■ PROBLEM TO WORK ON: Check every line of the data for the string "board" and copy the ones that have it.

■ DATA TO USE:
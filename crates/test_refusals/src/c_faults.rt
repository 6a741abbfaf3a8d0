//! Lists of the faults of a board whose two devices answer one address.
use crate::c_texts::{Pair, whole};
use pciplan_c::calls::pciplan_faults;
use pciplan_c::faults_words::FaultsWords;
use std::alloc::{AllocError, Global};
use std::test::Fail;

const CLASH_DUMP: &str = "00:01.0
00: 34 12 78 56 02 00 00 00 00 00 00 00 00 00 00 00
10: 00 00 00 e0 00 00 00 00 00 00 00 00 00 00 00 00

00:02.0
00: 34 12 78 56 02 00 00 00 00 00 00 00 00 00 00 00
10: 00 00 00 e0 00 00 00 00 00 00 00 00 00 00 00 00";

const CLASH_PROBE: &str = "00:01.0
10: 00 00 f0 ff 00 00 00 00 00 00 00 00 00 00 00 00

00:02.0
10: 00 00 f0 ff 00 00 00 00 00 00 00 00 00 00 00 00";

const CLASH: &str = "61 Clash bus 00 mem 00000000e0000000 00:01.0 10 00:02.0 10\n";

const REASONS: &str = "61 Clash bus 00 mem 00000000e0000000 00:01.0 10 00:02.0 10
  first 00:01.0 10 bar mem 00000000e0000000-00000000e00fffff 1M
  second 00:02.0 10 bar mem 00000000e0000000-00000000e00fffff 1M
  shared 00000000e0000000-00000000e00fffff 1M
";

const OUTSIDE: &str = "63 Outside 00:01.0 10 mem 00000000e0000000
63 Outside 00:02.0 10 mem 00000000e0000000
";

/// The texts of the board.
fn clash_pair(alloc: Global) -> Result<Pair, AllocError> {
    Ok(Pair {
        dump: whole(alloc, CLASH_DUMP)?,
        probe: whole(alloc, CLASH_PROBE)?,
    })
}

/// What is given beside the texts: words, what the host sends of I/O and of memory, and whether reasons are told.
type Given<'a> = (&'a [u8], &'a [u8], &'a [u8], u8);

/// A call: what is given, the root buses, and the room; the status, and the text that is put or has no room.
type Call<'a> = (Given<'a>, &'a [u8], usize, u8, &'a str);

/// How many bytes a text here may have.
const ROOM: usize = 512;

/// Whether a call answers this status, puts exactly this text where it puts one, and tells its length.
fn is_as_said(alloc: Global, texts: &Pair, call: &Call) -> bool {
    let ((model, host_io, host_mem, why), roots, room, status, text) = *call;
    let words = FaultsWords {
        model,
        host_io,
        host_mem,
        why,
    };
    let mut bytes = [b'.'; ROOM];
    let mut used = 9999;
    if ROOM < room {
        return false;
    }
    let answered = pciplan_faults(
        alloc,
        texts.dump.as_bytes(),
        texts.probe.as_bytes(),
        roots,
        &words,
        &mut bytes[..room],
        &mut used,
    );
    let put = if status < 3 { text.len() } else { 0 };
    answered == status
        && used == text.len()
        && put <= room
        && bytes[..put] == text.as_bytes()[..put]
        && bytes[put..].iter().all(|byte| *byte == b'.')
}

#[test]
fn a_list_is_put_as_a_whole_or_not_at_all(rt: HostRuntime) -> Result<(), Fail> {
    let texts = clash_pair(rt.alloc())?;
    let none: Given = (b"", b"", b"", 0);
    let cases: [Call; 12] = [
        (none, &[0], ROOM, 1, CLASH),
        (none, &[0], 59, 1, CLASH),
        (none, &[0], 58, 4, CLASH),
        ((b"", b"", b"", 1), &[0], ROOM, 1, REASONS),
        ((b"all", b"none", b"", 2), &[0], ROOM, 1, REASONS),
        ((b"", b"", b"none", 0), &[0], ROOM, 1, OUTSIDE),
        (none, &[], ROOM, 2, "root"),
        ((b"power,", b"-", b"-", 0), &[0], ROOM, 2, "model"),
        ((b"power\xff", b"", b"", 0), &[0], ROOM, 2, "model"),
        ((b"power", b"2-1", b"-", 0), &[0], ROOM, 2, "host io"),
        ((b"", b"", b"40:1-2", 0), &[0], 8, 2, "host mem"),
        ((b"", b"", b"\xff", 0), &[0], 7, 4, "host mem"),
    ];
    for call in cases {
        assert!(rt; is_as_said(rt.alloc(), &texts, &call), "{call:?}");
    }
    Ok(())
}

#[test]
fn no_fault_is_a_yes(rt: HostRuntime) {
    let texts = Pair {
        dump: String::new(rt.alloc()),
        probe: String::new(rt.alloc()),
    };
    let call: Call = ((b"", b"", b"", 1), &[0], 4, 0, "yes\n");
    assert!(rt; is_as_said(rt.alloc(), &texts, &call));
}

■ OUTPUT OF THE TASK:
//! Lists of the faults of a board whose two devices answer one address.
/// The texts of the board.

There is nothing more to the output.